I built a GUI tool that takes excel files and outputs a finished report to help automate a report at work. It was a fantastic learning experienced and I feel much more comfortable with pandas and python, but I am very aware of some bad programming practices I have included.
I am self taught, and a little stuck on what I should focus on how to improve my program, I'm just looking to be pointed in the right direction.
Most of the program is wrapped into one "Try/Except" block. I'm really not experienced enough to know what else I can do to improve it, aside from implementing some DRY and wrapping part of the program into a function so its not repeated for multiple files.

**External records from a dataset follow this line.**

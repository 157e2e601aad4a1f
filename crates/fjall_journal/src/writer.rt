//! The append side of a journal: batches go into a buffer, and the buffer to the end of a file.

ghost use Rattle.std.specs.Prelude.{◌≡◌, ◌⊎◌, ◌+◌, ◌<◌, [], length, take, OnOk, OnErr, IfOk, IfErr, IsOk, IsErrOf, IsOkUnless, IsTrue, None, Ok};
ghost use Rattle.fjall_base.specs.Disk.{CanCreate, Took, TookOrNot, TookPart, HasCause, OnlyFaults, state_in};
ghost use Rattle.fjall_base.specs.Limits.{item_refusal};
ghost use Rattle.fjall_journal.specs.Batches.{of_item, item_text, IsWritten};
ghost use Rattle.fjall_journal.specs.Ops.{HasBatchCause, items_refusal, items_text, of_items};
ghost use Rattle.fjall_journal.specs.Changes.{Emptied, change_text, of_change};
ghost use Rattle.fjall_journal.specs.Writer.{counted, full_out, full_steps, syncing, written_out, appending, after_write, persist_steps, Waits, WroteText, WroteNone, HasWriteCause, IsIo, ServesFile, PersistTook, making_synced, MakingTook};

use crate::batch_text::{put_batch, put_emptying, put_items};
use crate::entry::ValueType;
use crate::op::{BatchItem, check_items};
use crate::persist_mode::PersistMode;
use fjall_base::{CompressionType, Disk, Error, Result};
use std::alloc::Global;
use std::marker::Model;

/// The buffer goes to the file by itself once it has so many bytes.
pub const JOURNAL_BUFFER_BYTES: usize = 8 * 1_024;

/// Writes batches to the end of a journal's file. A disk that fails may have taken some beginning of the bytes that
/// it was given; the writer then is as it was before the call, and must not be used again.
#[derive(Drop)]
pub struct Writer {
    name: String,
    buffer: Vec<u8>,
    len: u64,
}

impl Model for Writer {
    ghost use Rattle.std.specs.Prelude.{string_bytes, ◌<◌, ◌^◌};
    ghost use Rattle.fjall_journal.specs.Writer.{Journal};

    ghost Value = { Journal };

    ghost view = { λ w. record { name = string_bytes w.name; buffer = w.buffer.items; len = w.len } };

    ghost invariant = { λ w. w.len < 2 ^ 64 };
}

impl Writer {
    /// Makes an empty file of this name, where none is there, and syncs it, but not its folder. Memory is asked for
    /// before the disk is.
    pub fn create_new<D: Disk>(alloc: Global, disk: &mut D, name: &str) -> Result<Writer>
        ensures ok { IfOk result (λ w. w ≡ record { name = name.now; buffer = []; len = 0 }) }
        ensures took { IsTrue D.honest → OnOk result (Took (D.meaning disk.old) (D.meaning disk.new) (making_synced (D.meaning disk.old) name.now)) }
        ensures part { IsTrue D.honest → OnErr result (MakingTook (D.meaning disk.old) (D.meaning disk.new) name.now) }
        ensures served { IsTrue D.honest → CanCreate (state_in (D.meaning disk.old)) name.now → (D.meaning disk.new).misuses ≡ (D.meaning disk.old).misuses }
        ensures cause { HasCause (D.meaning disk.old) (D.meaning disk.new) result }
    {
        let writer = Writer::from_file(alloc, name, 0)?;
        disk.create(name)?;
        disk.sync(name)?;
        Ok(writer)
    }

    /// A writer that goes on at the end of a file of that length.
    pub fn from_file(alloc: Global, name: &str, len: u64) -> Result<Writer>
        ensures ok { IfOk result (λ w. w ≡ record { name = name.now; buffer = []; len = len }) }
        ensures only { IsOkUnless result Error.OutOfMemory }
    {
        Ok(Writer {
            name: String::from_str(alloc, name)?,
            buffer: Vec::new(alloc),
            len,
        })
    }

    /// Takes how the values of later batches are to be stored: as they are, which is the only kind that there is. So the
    /// writer stays as it is, and nothing that it writes is another.
    pub fn set_compression(&mut self, compression: CompressionType)
        ensures { self.new ≡ self.old }
    {
        match compression {
            CompressionType::None => {}
        }
    }

    /// The length that the file has once all is written out, at most the greatest `u64`.
    pub fn pos(&self) -> u64
        ensures { result ≡ counted (self.now.len + length self.now.buffer) }
    {
        self.len.saturating_add(self.buffer.len() as u64)
    }

    /// The length of the file, at most the greatest `u64`.
    pub fn len(&self) -> u64
        ensures { result ≡ self.now.len }
    {
        self.len
    }

    fn write_out<D: Disk>(&mut self, disk: &mut D) -> Result<()>
        ensures ok { OnOk result (self.new ≡ written_out self.old) }
        ensures unchanged { OnErr result (self.new ≡ self.old) }
        ensures took { IsTrue D.honest → OnOk result (Took (D.meaning disk.old) (D.meaning disk.new) (appending self.old.name self.old.buffer)) }
        ensures part { IsTrue D.honest → OnErr result (TookPart (D.meaning disk.old) (D.meaning disk.new) self.old.name self.old.buffer) }
        ensures succeeds { self.old.buffer ≡ [] → IsOk result }
        ensures served { IsTrue D.honest → ServesFile (D.meaning disk.old) (D.meaning disk.new) self.old.name }
        ensures cause { OnlyFaults (D.meaning disk.old) (D.meaning disk.new) result }
    {
        if self.buffer.is_empty() {
            return Ok(());
        }
        disk.append(&self.name, &self.buffer)?;
        self.len = self.len.saturating_add(self.buffer.len() as u64);
        self.buffer.clear();
        Ok(())
    }

    /// Appends the buffer to the file once it has 8,192 bytes. Where the disk fails, the buffer keeps its first `before`
    /// bytes alone.
    fn write_out_full<D: Disk>(&mut self, disk: &mut D, before: usize) -> Result<()>
        ensures ok { OnOk result (self.new ≡ full_out self.old) }
        ensures err { OnErr result (self.new ≡ record self.old { buffer = take before self.old.buffer }) }
        ensures took { IsTrue D.honest → OnOk result (Took (D.meaning disk.old) (D.meaning disk.new) (full_steps self.old)) }
        ensures part { IsTrue D.honest → OnErr result (TookPart (D.meaning disk.old) (D.meaning disk.new) self.old.name self.old.buffer) }
        ensures served { IsTrue D.honest → ServesFile (D.meaning disk.old) (D.meaning disk.new) self.old.name }
        ensures cause { OnlyFaults (D.meaning disk.old) (D.meaning disk.new) result }
        ensures waits { length self.old.buffer < 8192 → IsOk result × (D.meaning disk.new ≡ D.meaning disk.old) }
    {
        if self.buffer.len() >= JOURNAL_BUFFER_BYTES
            && let Err(error) = self.write_out(disk)
        {
            self.buffer.truncate(before);
            return Err(error);
        }
        Ok(())
    }

    /// Writes one item as a batch of its own, and answers the length of its text. The buffer goes to the file once it
    /// has 8,192 bytes. A key or a value that no item can have is refused before all else.
    pub fn write_raw<D: Disk>(
        &mut self,
        disk: &mut D,
        keyspace_id: u64,
        key: &[u8],
        value: &[u8],
        value_type: ValueType,
        seqno: u64,
    ) -> Result<usize>
        ensures ok { OnOk result (self.new ≡ after_write self.old (item_text keyspace_id key.now value.now value_type seqno)) }
        ensures fits { OnOk result (IsWritten (of_item keyspace_id key.now value.now value_type seqno)) }
        // So it has a text also where the disk fails.
        ensures tried { IfErr result (λ e. IsIo e → IsWritten (of_item keyspace_id key.now value.now value_type seqno)) }
        ensures count { IfOk result (λ n. n ≡ length (item_text keyspace_id key.now value.now value_type seqno)) }
        ensures unchanged { OnErr result (self.new ≡ self.old) }
        ensures took { IsTrue D.honest
            → OnOk result (WroteText (D.meaning disk.old) (D.meaning disk.new) self.old (item_text keyspace_id key.now value.now value_type seqno)) }
        ensures part { IsTrue D.honest
            → IfErr result (WroteNone (D.meaning disk.old) (D.meaning disk.new) self.old (item_text keyspace_id key.now value.now value_type seqno)) }
        ensures untouched { IsErrOf result Error.OutOfMemory → D.meaning disk.new ≡ D.meaning disk.old }
        ensures served { IsTrue D.honest → ServesFile (D.meaning disk.old) (D.meaning disk.new) self.old.name }
        ensures cause { HasWriteCause key.now value.now (D.meaning disk.old) (D.meaning disk.new) result }
        // Below 8,192 bytes nothing goes to the disk, and no fault can come.
        ensures waits { Waits self.old (item_text keyspace_id key.now value.now value_type seqno) → D.meaning disk.new ≡ D.meaning disk.old }
        ensures faultless { Waits self.old (item_text keyspace_id key.now value.now value_type seqno)
            → item_refusal key.now value.now ≡ None → IsOkUnless result Error.OutOfMemory }
    {
        let before = self.buffer.len();
        let count = put_batch(&mut self.buffer, keyspace_id, key, value, value_type, seqno)?;
        self.write_out_full(disk, before)?;
        Ok(count)
    }

    /// Writes these items as one batch, and answers the length of its text. The buffer goes to the file once it has
    /// 8,192 bytes. No items are no batch: nothing is written, and the answer is 0. Items that no batch can have are
    /// refused before all else, as [`check_items`] does; an `Err` leaves the writer as it was.
    pub fn write_batch<D: Disk>(
        &mut self,
        disk: &mut D,
        items: &[BatchItem],
        seqno: u64,
    ) -> Result<usize>
        ensures ok { 0 < length items.now → OnOk result (self.new ≡ after_write self.old (items_text items.now seqno)) }
        ensures empty { items.now ≡ [] → (result ≡ Ok 0) × (self.new ≡ self.old) × (D.meaning disk.new ≡ D.meaning disk.old) }
        ensures fits { OnOk result (IsWritten (of_items items.now seqno)) }
        // So it has a text also where the disk fails.
        ensures tried { IfErr result (λ e. IsIo e → IsWritten (of_items items.now seqno)) }
        ensures count { 0 < length items.now → IfOk result (λ n. n ≡ length (items_text items.now seqno)) }
        ensures unchanged { OnErr result (self.new ≡ self.old) }
        ensures took { IsTrue D.honest → 0 < length items.now
            → OnOk result (WroteText (D.meaning disk.old) (D.meaning disk.new) self.old (items_text items.now seqno)) }
        ensures part { IsTrue D.honest
            → IfErr result (WroteNone (D.meaning disk.old) (D.meaning disk.new) self.old (items_text items.now seqno)) }
        ensures untouched { IsErrOf result Error.OutOfMemory → D.meaning disk.new ≡ D.meaning disk.old }
        ensures served { IsTrue D.honest → ServesFile (D.meaning disk.old) (D.meaning disk.new) self.old.name }
        ensures cause { HasBatchCause items.now (D.meaning disk.old) (D.meaning disk.new) result }
        // Below 8,192 bytes nothing goes to the disk, and no fault can come.
        ensures waits { Waits self.old (items_text items.now seqno) → D.meaning disk.new ≡ D.meaning disk.old }
        ensures faultless { Waits self.old (items_text items.now seqno)
            → items_refusal items.now ≡ None → IsOkUnless result Error.OutOfMemory }
    {
        check_items(items)?;
        if items.is_empty() {
            return Ok(0);
        }
        let before = self.buffer.len();
        let count = put_items(&mut self.buffer, items, seqno)?;
        self.write_out_full(disk, before)?;
        Ok(count)
    }

    /// Writes a batch that empties a keyspace, and answers the length of its text. The buffer goes to the file once it
    /// has 8,192 bytes. An `Err` leaves the writer as it was.
    pub fn write_clear<D: Disk>(
        &mut self,
        disk: &mut D,
        keyspace_id: u64,
        seqno: u64,
    ) -> Result<usize>
        ensures ok { OnOk result (self.new ≡ after_write self.old (change_text (Emptied keyspace_id) seqno)) }
        ensures fits { OnOk result (IsWritten (of_change (Emptied keyspace_id) seqno)) }
        // So it has a text also where the disk fails.
        ensures tried { IfErr result (λ e. IsIo e → IsWritten (of_change (Emptied keyspace_id) seqno)) }
        ensures count { IfOk result (λ n. n ≡ length (change_text (Emptied keyspace_id) seqno)) }
        ensures unchanged { OnErr result (self.new ≡ self.old) }
        ensures took { IsTrue D.honest
            → OnOk result (WroteText (D.meaning disk.old) (D.meaning disk.new) self.old (change_text (Emptied keyspace_id) seqno)) }
        ensures part { IsTrue D.honest
            → IfErr result (WroteNone (D.meaning disk.old) (D.meaning disk.new) self.old (change_text (Emptied keyspace_id) seqno)) }
        ensures untouched { IsErrOf result Error.OutOfMemory → D.meaning disk.new ≡ D.meaning disk.old }
        ensures served { IsTrue D.honest → ServesFile (D.meaning disk.old) (D.meaning disk.new) self.old.name }
        ensures cause { HasCause (D.meaning disk.old) (D.meaning disk.new) result }
        // Below 8,192 bytes nothing goes to the disk, and no fault can come.
        ensures waits { Waits self.old (change_text (Emptied keyspace_id) seqno) → D.meaning disk.new ≡ D.meaning disk.old }
        ensures faultless { Waits self.old (change_text (Emptied keyspace_id) seqno) → IsOkUnless result Error.OutOfMemory }
    {
        let before = self.buffer.len();
        let count = put_emptying(&mut self.buffer, keyspace_id, seqno)?;
        self.write_out_full(disk, before)?;
        Ok(count)
    }

    /// Appends the buffer to the file, where it has bytes, and in the two sync modes syncs the file.
    pub fn persist<D: Disk>(&mut self, disk: &mut D, mode: PersistMode) -> Result<()>
        ensures ok { OnOk result (self.new ≡ written_out self.old) }
        ensures part { OnErr result ((self.new ≡ self.old) ⊎ (self.new ≡ written_out self.old)) }
        ensures took { IsTrue D.honest → OnOk result (Took (D.meaning disk.old) (D.meaning disk.new) (persist_steps self.old mode)) }
        // With nothing in the buffer no more is taken than the sync.
        ensures nothing { IsTrue D.honest → self.old.buffer ≡ []
            → OnErr result (TookOrNot (D.meaning disk.old) (D.meaning disk.new) (syncing self.old.name mode)) }
        ensures left { IsTrue D.honest → OnErr result (PersistTook self.old self.new mode (D.meaning disk.old) (D.meaning disk.new)) }
        ensures succeeds { mode ≡ PersistMode.Buffer → self.old.buffer ≡ [] → IsOk result }
        ensures served { IsTrue D.honest → ServesFile (D.meaning disk.old) (D.meaning disk.new) self.old.name }
        ensures cause { OnlyFaults (D.meaning disk.old) (D.meaning disk.new) result }
    {
        self.write_out(disk)?;
        if mode == PersistMode::Buffer {
            return Ok(());
        }
        disk.sync(&self.name)?;
        Ok(())
    }
}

Could a pandas guru or python guru give me a nudge in the right direction? I'm hitting a block on best practices to implement.
import Tkinter
import pandas as pd
import xlsxwriter
class simpleapp_tk(Tkinter.Tk):
    def __init__(self,parent):
        Tkinter.Tk.__init__(self,parent)
        self.parent = parent
        self.initialize()
    def initialize(self):
        self.grid() # Create the grid
        #Label for entering filename
        label_one = Tkinter.Label(self, text="Please Enter a Filename:",anchor="w",fg="black",
                              font="Times_New_Roman 10 bold")                              
        label_one.grid(column=0,row=1,sticky='W')
        #Label for entering filename
        label_one2 = Tkinter.Label(self, text="Please Enter a 2nd Filename:",anchor="w",fg="black",
                              font="Times_New_Roman 10 bold")                              
        label_one2.grid(column=0,row=2,sticky='W')      
        #Example label
        label_two = Tkinter.Label(self, text="RXInfoAug1.xlsx",anchor="center",fg="black",
                              font="Times_New_Roman 10")
        label_two.grid(column=1,row=3,sticky='EW')
        #Creating label area for user information.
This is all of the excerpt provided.